MKs okay controversial civics text, shield book from critical eyes

Committee still won’t release book that media reports say highlights Israel’s Jewish identity and downplays its democratic character

Tamar Pileggi is a breaking news editor at The Times of Israel.

High school students take their matriculation exams in mathematics, May 2013. (Yossi Zeliger/Flash90)
High school students take their matriculation exams in mathematics, May 2013. (Yossi Zeliger/Flash90)

A Knesset committee on Monday approved for the mandatory curriculum a controversial civics textbook that left-wing MKs and other critics say highlights Israel’s Jewish identity while downplaying its democratic character.

Members of the Special Committee for the Transparency and Accessibility of Government Information authorized the new high school textbook for a period of five years and decided it would not be released to the public for review prior to its publication, Channel 2 reported.

The book first made headlines last month after reports quoted sections that claimed most terror attacks were carried out by Israeli Arabs, and that downplay the role of right-wing incitement in the assassination of former prime minister Yitzhak Rabin.

Reports also said that it replaced a segment from the Declaration of Independence with a Hebrew prayer.

Education Minister Naftali Bennett has maintained that the criticisms did not reflect the book accurately, and described the reportage as “substandard journalism.”

Last month, Channel 2 quoted from an 11-page letter written by Prof. Tamar Hermann, a political science expert who worked on the book, describing the work as “educational negligence.”

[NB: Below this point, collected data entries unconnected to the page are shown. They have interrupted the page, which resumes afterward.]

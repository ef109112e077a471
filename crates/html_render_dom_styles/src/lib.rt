//! Style rules, the elements that they select, as in Selectors Level 3, and the cascade for one property: the winner among
//! its updates, by importance, origin and specificity, as in CSS Cascading and Inheritance Level 3, section 6.
#![tactic(auto)]

mod laws;
mod origins;
mod rules;
mod selectors;
mod specificities;
mod updates;
mod winners;

pub use origins::StyleOrigin;
pub use rules::{Declaration, Display, PseudoElement, Style, StyleRule};
pub use specificities::Specificity;
pub use winners::WithSpec;
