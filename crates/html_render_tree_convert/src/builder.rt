//! Trees that are written in pre-order, from the first node to the last.

ghost use Rattle.std.specs.Prelude.{◌≡◌, [], ◌∷◌, ◌++◌, ◌+◌, IfOk, List, OnOk, take, drop, length, map, vec_capacity, vec_len, ◌<◌};
ghost use Rattle.html_render_layout_nodes.specs.RenderNodes.{without_style};
ghost use Rattle.html_render_layout_nodes.specs.declared.tree.Entry.{Entry};
ghost use Rattle.html_render_layout_nodes.specs.declared.tree.RenderNode.{RenderNode};
ghost use Rattle.html_render_tree_convert.specs.Held.{leaf, sized, with_kind};
ghost use Rattle.html_render_tree_convert.specs.Steps.{node_in};

use html_render_layout_nodes::text::NodeText;
use html_render_layout_nodes::tree::{Entry, Estimate, NodeKind, NodeStyle, RenderNode};
use std::alloc::{AllocError, Global};

/// Nodes that are written, in pre-order.
pub type Tree = Vec<Entry<RenderNode>>;

/// Appends a node without children.
#[inline(always)]
pub fn put(node: RenderNode, tree: &mut Tree) -> Result<(), AllocError>
    ensures { OnOk result (tree.new.items ≡ tree.old.items ++ leaf node ∷ []) }
{
    tree.reserve(1)?;
    tree.push_reserved(Entry {
        node,
        subtree_len: 1,
    });
    Ok(())
}

/// Appends an unmeasured node without children. There is room for it.
#[inline(always)]
fn put_reserved(style: NodeStyle, kind: NodeKind, tree: &mut Tree)
    requires { vec_len tree.old < vec_capacity tree.old }
    ensures { tree.new.items ≡ tree.old.items ++ leaf (node_in style kind) ∷ [] }
{
    tree.push_reserved(Entry {
        node: RenderNode {
            kind,
            style,
            estimate: Estimate::default(),
        },
        subtree_len: 1,
    });
}

/// Appends an unmeasured node without children.
#[inline(always)]
pub fn put_kind(style: NodeStyle, kind: NodeKind, tree: &mut Tree) -> Result<(), AllocError>
    ensures { OnOk result (tree.new.items ≡ tree.old.items ++ leaf (node_in style kind) ∷ []) }
{
    tree.reserve(1)?;
    put_reserved(style, kind, tree);
    Ok(())
}

/// Appends a text, copied.
#[inline(always)]
pub fn put_text(contents: &NodeText, tree: &mut Tree) -> Result<(), AllocError>
    ensures { OnOk result (tree.new.items ≡ tree.old.items ++ leaf (without_style (NodeKind.Text contents.now)) ∷ []) }
{
    tree.reserve(1)?;
    let text = contents.clone()?;
    put_reserved(NodeStyle::default(), NodeKind::Text(text), tree);
    Ok(())
}

/// Returns the kind of the last node.
#[inline(always)]
pub fn last_kind(tree: &Tree) -> &NodeKind
    requires { 0 < length tree.now.items }
    ensures { (entries : List (Entry RenderNode)) (e : Entry RenderNode) → tree.now.items ≡ entries ++ e ∷ [] → result.now ≡ e.node.kind }
{
    &tree[tree.len() - 1].node.kind
}

/// Writes the size of the subtree of the node at `start`, to which all entries from there on belong.
#[inline(always)]
pub fn write_size(tree: &mut Tree, start: usize)
    ensures { tree.new.items ≡ take start tree.old.items ++ sized (drop start tree.old.items) }
{
    let len = tree.len();
    if start < len {
        tree[start].subtree_len = len - start;
    }
}

/// Returns the nodes of entries.
///
/// # Errors
///
/// `AllocError` if an allocation is refused.
fn nodes_of(alloc: Global, entries: Vec<Entry<RenderNode>>) -> Result<Vec<RenderNode>, AllocError>
    ensures { IfOk result (λ nodes. nodes.items ≡ map (λ (e : Entry RenderNode). e.node) entries.items) }
{
    let mut nodes = Vec::new(alloc);
    for entry in entries {
        nodes.push(entry.node)?;
    }
    Ok(nodes)
}

/// Replaces the kind of a node.
fn replace_kind(node: &mut RenderNode, kind: NodeKind)
    ensures { node.new ≡ record node.old { kind = kind } }
{
    node.kind = kind;
}

/// Replaces the kind of the node at `start`.
pub fn set_kind(tree: &mut Tree, start: usize, kind: NodeKind)
    ensures { tree.new.items ≡ take start tree.old.items ++ with_kind kind (drop start tree.old.items) }
{
    match tree.get_mut(start) {
        Some(entry) => replace_kind(&mut entry.node, kind),
        None => drop(kind),
    }
}

/// Removes the entries after that at `start`, and returns their nodes.
///
/// # Errors
///
/// `AllocError` if an allocation is refused.
pub fn take_inside(
    alloc: Global,
    tree: &mut Tree,
    start: usize,
) -> Result<Vec<RenderNode>, AllocError>
    ensures nodes { IfOk result (λ nodes. nodes.items ≡ map (λ (e : Entry RenderNode). e.node) (drop (start + 1) tree.old.items)) }
    ensures left { OnOk result (tree.new.items ≡ take (start + 1) tree.old.items) }
{
    if tree.len().saturating_sub(start) < 2 {
        return Ok(Vec::new(alloc));
    }
    let inside = tree.split_off(start + 1)?;
    nodes_of(alloc, inside)
}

Education Minister Naftali Bennett walks his little girl Avigail to first grade, her first day of school and his first opening of a school year as the education minister, on Tuesday, September 1, 2015. (Sasson Tiram)
Education Minister Naftali Bennett walks his daughter Avigail to her first day of school and his first opening of a school year as education minister, September 1, 2015. (Sasson Tiram)

Among other criticisms, Hermann wrote that the book rejects the narrative that Rabin’s murder resulted in part from right-wing incitement and suggests that most of the recent terror attacks in the current wave of violence were caused by Arab citizens of Israel.

“It is a false historical account that serves the government,” she wrote.

Also in January, Haaretz published a seven-page letter by copy editor Yehuda Yaari, who quoted large swaths of the book he had recommended to be changed. The passages in Yaari’s letter backed up Hermann’s claims.

“It is scandalous. It is morally and factually wrong,” Yaari said.

The Education Ministry defended the textbook, saying the quotes cited by the media were not reliable. In December, the ministry promised that the content of the textbook would be made available to the public for review before the distribution of the book in the schools.

A number of left-wing lawmakers have vocally objected to the book’s publication and argued that under the guidance of Bennett — of the right-wing Jewish Home party — the national curriculum increasingly presents a religiously skewed view of Israeli civic life and an inaccurate narrative of the county’s history.